諏訪地域は4月から御柱祭が始まり、盛り上がっていますが、その諏訪大社は狩猟神事を執り行っていることから、狩猟や漁業の神様としても知られています。
今回はその諏訪大社の狩猟にまつわる話を紹介させていただきます。
以下の記事は、JR東日本の新幹線車内サービス誌『トランヴェール』2007年11月号に掲載された記事の一部で、(株)ジェイアール東日本企画の承認を得て転載しています。
監修/中澤克昭 文/酒井香代
信州ジビエ今昔物語①:日本中の信仰を集めた狩猟の神様
御柱祭で有名な諏訪大社は、縄文文化とのつながりも指摘されている古い神社である。
古代、狩猟は山間地に暮らす人々の生活の糧であっただけでなく、その土地を支配する王が神と交流するという意味もあったという。

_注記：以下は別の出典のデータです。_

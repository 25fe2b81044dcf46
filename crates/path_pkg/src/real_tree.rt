//! The tree of the system.
ghost use Rattle.std.specs.Prelude.{◌≡◌, IfErr, IsErrAnd};
ghost use Rattle.std.specs.IoError.{error_kind, raw_os_error};
ghost use Rattle.path_pkg.specs.SystemFault.{system_fault};

use crate::fault::TreeFault;
use crate::node::Kind;
use crate::tree::Tree;
use dist_types::fault::raise;
use dist_types::source::{ReadError, StdSource, read_whole};
use std::alloc::{AllocError, Allocator, Global};
use std::fs::{self, DirEntry, Metadata};
use std::io::{self, ErrorKind, Read};
use std::rt::Files;

/// The most bytes of one file.
pub const MAX_FILE_BYTES: u32 = 2_147_483_648;

/// The files of the system. Of what stands where it tells nothing.
#[derive(Drop)]
pub struct RealTree<R: Files + AllocGlobal + Clone + Drop> {
    rt: R,
    faults: u64,
    misnamed: u64,
}

impl<R: Files + AllocGlobal + Clone + Drop> RealTree<R> {
    ghost use Rattle.path_pkg.specs.Real.{real_faults, real_misnamed, real_told};
    ghost use Rattle.path_pkg.specs.Told.{Refused, TreeCause};

    /// The tree of the system, no fault so far. It takes no memory.
    pub fn new(rt: R) -> Self
        ensures faults { real_faults result ≡ 0 }
        ensures misnamed { real_misnamed result ≡ 0 }
    {
        RealTree {
            rt,
            faults: 0,
            misnamed: 0,
        }
    }

    /// Counts a refusal: a fault or a name that is not UTF-8 by its own count, and want of memory by none.
    fn refused(&mut self, fault: TreeFault) -> TreeFault
        ensures fault { result ≡ fault }
        ensures counted { Refused (TreeCause fault) (real_told self.old) (real_told self.new) }
    {
        match fault {
            TreeFault::Failed => raise(&mut self.faults),
            TreeFault::NotUtf8 => raise(&mut self.misnamed),
            TreeFault::Memory => {}
        }
        fault
    }
}

fn kind_of(metadata: &Metadata) -> Kind {
    if metadata.is_dir() {
        Kind::Dir
    } else if metadata.is_file() {
        Kind::File
    } else if metadata.is_symlink() {
        Kind::Link
    } else {
        Kind::Other
    }
}

/// The refusal that an error of the system stands for. A name that is not UTF-8 has no number of the system.
fn fault_of(error: &io::Error) -> TreeFault
    ensures { result ≡ system_fault (raw_os_error error.now) (error_kind error.now) }
{
    match error.kind() {
        ErrorKind::OutOfMemory => TreeFault::Memory,
        ErrorKind::InvalidFilename => match error.raw_os_error() {
            None => TreeFault::NotUtf8,
            Some(_) => TreeFault::Failed,
        },
        _ => TreeFault::Failed,
    }
}

/// The kind that the system told: None where nothing is there, or where links lead round.
fn kind_from(told: io::Result<Metadata>) -> Result<Kind, TreeFault>
    ensures { IfErr result (λ f. IsErrAnd told (λ e. f ≡ system_fault (raw_os_error e) (error_kind e))) }
{
    match told {
        Ok(metadata) => Ok(kind_of(&metadata)),
        Err(error) => match error.kind() {
            ErrorKind::NotFound => Ok(Kind::None),
            ErrorKind::NotADirectory => Ok(Kind::None),
            ErrorKind::FilesystemLoop => Ok(Kind::None),
            _ => Err(fault_of(&error)),
        },
    }
}

impl<R: Files + AllocGlobal + Clone + Drop> Tree for RealTree<R> {
    ghost use Rattle.path_pkg.specs.Real.{real_told, nothing_told};

    ghost told = { real_told };

    fn kind(&mut self, path: &str) -> Result<Kind, TreeFault> {
        match kind_from(fs::symlink_metadata(&self.rt, path)) {
            Ok(kind) => Ok(kind),
            Err(fault) => Err(self.refused(fault)),
        }
    }

    fn read_link(&mut self, path: &str) -> Result<String, TreeFault> {
        match link_target(&self.rt, path) {
            Ok(target) => Ok(target),
            Err(fault) => Err(self.refused(fault)),
        }
    }

    fn target_kind(&mut self, path: &str) -> Result<Kind, TreeFault> {
        match kind_from(fs::metadata(&self.rt, path)) {
            Ok(kind) => Ok(kind),
            Err(fault) => Err(self.refused(fault)),
        }
    }

    fn read(&mut self, path: &str) -> Result<Vec<u8>, TreeFault> {
        match read_file(&self.rt, path) {
            Ok(bytes) => Ok(bytes),
            Err(fault) => Err(self.refused(fault)),
        }
    }

    fn walk(&mut self, path: &str) -> Result<Vec<String>, TreeFault> {
        match walk_all(&self.rt, path) {
            Ok(paths) => Ok(paths),
            Err(fault) => Err(self.refused(fault)),
        }
    }

    ghost in_byte_order = { λ tree t told. absurd (nothing_told t told) };
}

/// The target of a link.
fn link_target<R: Files + AllocGlobal>(rt: &R, path: &str) -> Result<String, TreeFault> {
    match fs::read_link(rt, path) {
        Ok(target) => {
            let copy = String::from_str(rt.alloc(), target.as_path().as_str())?;
            Ok(copy)
        }
        Err(error) => Err(fault_of(&error)),
    }
}

/// The content of a file. Failed past the most bytes of one file.
fn read_file<R: Files + AllocGlobal>(rt: &R, path: &str) -> Result<Vec<u8>, TreeFault> {
    match fs::open(rt, path) {
        Ok(file) => content_of(rt.alloc(), file),
        Err(error) => Err(fault_of(&error)),
    }
}

fn content_of<F: Read + Drop>(alloc: Global, file: F) -> Result<Vec<u8>, TreeFault> {
    match read_whole(alloc, &mut StdSource::new(file), MAX_FILE_BYTES) {
        Ok(bytes) => Ok(bytes),
        Err(ReadError::Memory) => Err(TreeFault::Memory),
        Err(ReadError::Failed) => Err(TreeFault::Failed),
        Err(ReadError::TooLong) => Err(TreeFault::Failed),
    }
}

/// All paths below a directory, in byte order.
fn walk_all<R: Files + AllocGlobal + Clone + Drop>(
    rt: &R,
    path: &str,
) -> Result<Vec<String>, TreeFault> {
    let mut paths = Vec::new(rt.alloc());
    let mut dirs = Vec::new(rt.alloc());
    let first = String::from_str(rt.alloc(), path)?;
    push(&mut dirs, first)?;
    for _ in 0..u64::MAX {
        let Some(dir) = dirs.pop() else {
            break;
        };
        list(rt, dir.as_str(), &mut paths, &mut dirs)?;
    }
    paths.sort()?;
    Ok(paths)
}

fn push(paths: &mut Vec<String>, path: String) -> Result<(), AllocError> {
    paths.push(path)?;
    Ok(())
}

/// Adds the paths in a directory, and those of its directories once more.
fn list<R: Files + AllocGlobal + Clone + Drop>(
    rt: &R,
    dir: &str,
    paths: &mut Vec<String>,
    dirs: &mut Vec<String>,
) -> Result<(), TreeFault> {
    let entries = match fs::read_dir(rt, dir) {
        Ok(entries) => entries,
        Err(error) => return Err(fault_of(&error)),
    };
    for found in entries {
        let path = named(rt.alloc(), found)?;
        let kind = kind_from(fs::symlink_metadata(rt, path.as_str()))?;
        if kind == Kind::Dir {
            let again = String::from_str(rt.alloc(), path.as_str())?;
            push(dirs, again)?;
        }
        push(paths, path)?;
    }
    Ok(())
}

/// The path of what a directory holds. NotUtf8 where its name is not UTF-8.
fn named<R: Files + Drop, A: Allocator + Drop>(
    alloc: Global,
    found: io::Result<DirEntry<R, A>>,
) -> Result<String, TreeFault> {
    match found {
        Ok(entry) => {
            let path = String::from_str(alloc, entry.path().as_str())?;
            Ok(path)
        }
        Err(error) => Err(fault_of(&error)),
    }
}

「日本書紀」にも、天皇が神とともに狩猟を楽しむことを「徳」とする記述が残る。
王の狩猟は、大地が生み出す初物を狩り、豊穣を祈って神に捧げる生産儀礼でもあり、さらに大地を象徴するイノシシ・シカなどを狩ることにより、大地に対する王の領有権を確認する儀礼でもあったのだ。
仏教が伝来し、律令制度が整えられる中で、「殺生禁断」も唱えられたが、そうした狩猟儀礼を続けた神社は少なくなかったし、古代には天皇の狩猟儀礼も行われていた。が、肉食、とりわけ獣肉食は、徐々に忌避されるようになり、天皇の狩猟は鷹狩や鵜飼へと移っていった。
そして、時代は武士の時代、中世へと変わっていく。
本格的な武家政権を打ち立てた源頼朝は、将軍就任の翌年に、那須・浅間・富士の裾野で大規模な巻狩(まきがり)を行った。
巻狩というのは、シカやイノシシを大人数で追い詰め射止める猟である。
これは軍事政権の首長、つまり「王」として挙行した大規模な狩猟儀礼だったと考えられている。
やがて、鎌倉幕府の中にも、京都の公家文化や仏教の影響で、狩猟や獣肉食への罪悪視が広まり、狩猟禁止令も繰り返し出されるようになった。
狩猟や肉食を続けてきた在地の武士たちが、この禁止令に困惑したことは想像に難くない。それを救ったのが、諏訪大社だった。
諏訪大社には「諏訪の勘文(かんもん)」という呪文があった。
その趣旨は、「業(ごう)の尽きた生きものはたとえ放してもそう長くは生きられない。むしろ捕らえられ人間の食用となり、それを食べた人間の功徳を分けてもらい、ついには仏の救いにあずかるのが幸いである」というものだ。
14世紀以降、これが広く流布し、諏訪大社は、全国の狩猟者の絶大な信仰を集めることになったのである。